Cash book. You can use manual accounting systems, spreadsheets or accounting software, but you need to keep a record of your income and outgoings in relation to each property.  This makes it simple to  hand over the required information to your accountant to complete your financial statements.  If you do not use a software program or computer to keep records for your property, you may want to consider giving it a try. You may also be able to deduct the cost of such software as a business expense.

Bank statements. Simple — just keep them all in one place. If some of your statements relate to more than one property you can either make a copy for each file and highlight the relevant items or keep just one copy in front of the rest of your annual property files.


The permanent file is to record the history of each particular property, from purchase to sale. It should be kept for five years after the tax return that records its sale has been lodged.

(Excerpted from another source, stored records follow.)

//! The slips of a synthetic bank's user.

use crate::policy::USER;
use bank_books::{Lists, Slip};
use bank_terms::{OperationRow, Procedure};
use money::Fault;
use std::alloc::Global;

/// A post of a cent to account 1 at drawer 1 of branch 1.
const POST: OperationRow = OperationRow {
    form: Procedure::Post,
    members: [1, 1, 1, 1, 0, 0, 0, 0],
};

/// What was replied to each.
const REPLY: &[u8] = b"{\"balance\":1,\"branch\":1,\"entry\":1}";

/// Adds `slips` slips of the one user, numbered from 1, each taken with the same post.
pub(crate) fn add_slips(alloc: Global, lists: &mut Lists, slips: u32) -> Result<(), Fault> {
    for number in 1..=slips {
        let reply = REPLY.to_vec(alloc)?;
        lists.slips.push(Slip::new(USER, number, POST, reply))?;
    }
    Ok(())
}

Documentation to keep in this file includes:

  •  Purchase contract
  •  Solicitor’s settlement letter on purchase
  •  Loan agreement, including any refinancing
  •  Depreciation schedule
  •  Renovation costs, details and totals
  •  Contract of sale
  •  Selling agent agreement
  •  Solicitor’s settlement letter on sale
  •  Loan finalisation documents

Tip:  When you have multiple properties and therefore multiple folders, consider printing up a photo with address details for each property.  If you insert this into the spine and front views of the folder, it makes it easy for identifying which folder belongs to which property.

Property Investment Analysis (PIA)

Property Investment Analysis (PIA) software helps you to analyse and forecast the capital growth, cash flows, and tax potential for an investment property. Some of the Key Features of the PIA software include:

  • Data Entry Checklists
  • Spreadsheets
  • Reports
  • Graphic Screens
  • Property Investment Calculators

If you would like more information or to purchase your own copy of the Property Investment Analysis (PIA) please click here this is a great recording keeping tool.


Tax Tips

Tax tips every investor should follow

With these tips tax you are sure to avoid some key mistakes

If you’re serious about investing in property, you need to be a tax smart. In fact, the Australian Taxation Office (ATO) has identified a number of common mistakes property investors make.

The first mistake is not keeping track of tax deductions such as interest, insurance, real estate agent management fees, and depreciation. Property owners need to keep proof of all their income-related expenses from the beginning.

“Keep documentation,” stresses Stella Poly, principal accountant based in Melbourne. “Write everything down. Keep tract of renovation costs. If you live in the property, then rent it out, and later return to the property, keep track of the dates. If you don’t write everything down you can miss out on deductions. Even small amounts add up over time.”

Stella’s other tax tips include:

Getting Market Valuations

Keep in mind, renting out your property, improving or repairing your property, subdividing your property, and/or operating a home office or business can all affect your taxes.

“When you change the nature of the property, for example you rent it out or renovate it, it’s important to get a market valuation of the property at that time,” Stella advices.

Using Discretionary Family Trust

A discretionary family trust can give investors flexibility in distributing profit or income from a property. Since the trust allows you to share the tax burden among family members and helps protect family assets, it can be useful if your family holds capital growth or income-generating assets.

As the name infers, the trustee has discretion in determining which beneficiary will benefit from the trust. This trust has clear advantages where there is a disparity in the income of the beneficiaries; it allows you to reduce your tax bill by distributing income to family members with lower taxable income. If you choose to use a discretionary family trust, seek financial advice from an experienced accountant.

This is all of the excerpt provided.